Method Retrospective review of sub-acute and non-acute records linked to hospital admission and/or emergency department presentations during 2001-2002 to 2008-2009 in New South Wales (NSW), Australia. Analysis of temporal trends and projections to 2020 of rehabilitation-related (ICD-10-AM: Z47, Z48, Z50, Z75.1) acute hospital admissions.
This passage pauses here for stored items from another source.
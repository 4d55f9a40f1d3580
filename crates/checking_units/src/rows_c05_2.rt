//! C05: name is not declared: what the definition of checking answers.
ghost use Rattle.std.specs.Prelude.{◌≡◌};
ghost use Rattle.checking_units.specs.Parts.{outcome, breaks};
ghost use Rattle.checking_units.specs.RowsC052 as rows;

/// C05: name is not declared.
pub fn rows_c05_2()
    ensures c05_25 { outcome rows.c05_25 ≡ breaks 5 48 }
    ensures c05_26 { outcome rows.c05_26 ≡ breaks 5 44 }
    ensures c05_27 { outcome rows.c05_27 ≡ breaks 5 17 }
    ensures c05_28 { outcome rows.c05_28 ≡ breaks 5 12 }
    ensures c05_29 { outcome rows.c05_29 ≡ breaks 5 20 }
{}
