//! C41: case value is repeated: what the definition of checking answers.
ghost use Rattle.std.specs.Prelude.{◌≡◌};
ghost use Rattle.checking_units.specs.Parts.{outcome, breaks};
ghost use Rattle.checking_units.specs.RowsC41 as rows;

/// C41: case value is repeated.
pub fn rows_c41()
    ensures c41_1 { outcome rows.c41_1 ≡ breaks 41 49 }
    ensures c41_2 { outcome rows.c41_2 ≡ breaks 41 50 }
    ensures c41_3 { outcome rows.c41_3 ≡ breaks 41 45 }
    ensures c41_4 { outcome rows.c41_4 ≡ breaks 41 45 }
{}
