//! C33: too many initializers: what the definition of checking answers.
ghost use Rattle.std.specs.Prelude.{◌≡◌};
ghost use Rattle.checking_units.specs.Parts.{outcome, breaks};
ghost use Rattle.checking_units.specs.RowsC33 as rows;

/// C33: too many initializers.
pub fn rows_c33()
    ensures c33_1 { outcome rows.c33_1 ≡ breaks 33 13 }
    ensures c33_2 { outcome rows.c33_2 ≡ breaks 33 20 }
    ensures c33_3 { outcome rows.c33_3 ≡ breaks 33 30 }
    ensures c33_4 { outcome rows.c33_4 ≡ breaks 33 14 }
    ensures c33_5 { outcome rows.c33_5 ≡ breaks 33 17 }
{}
Results There were 4317 individuals with a fall-related injury who were admitted to hospital and later admitted for sub-acute and non-acute care; 84% of these were aged 65+ years; 70.4% were female; 27.2% had femur fractures. Total mean FIM scores significantly increased from 78.4 to 94.6 (p<0.0001) between admission and discharge. Fall-related acute rehabilitation episodes are increasing by 9.1% each year for individuals aged 65 years and older and are projected to rise from 18 300 in 2010-11 to 50 000 admissions by 2020.

Significance This is the first study to provide a snap-shot of the epidemiological profile of individuals using sub-acute and non-acute care in NSW using linked data. This information can be used to inform resource implications for fall-related sub-acute and non-acute care and acute rehabilitation services.

This is an abstract of a presentation at Safety 2012, the 11th World Conference on Injury Prevention and Safety Promotion, 1-4 October 2012, Michael Fowler Center, Wellington, New Zealand. Full text does not seem to be available for this abstract.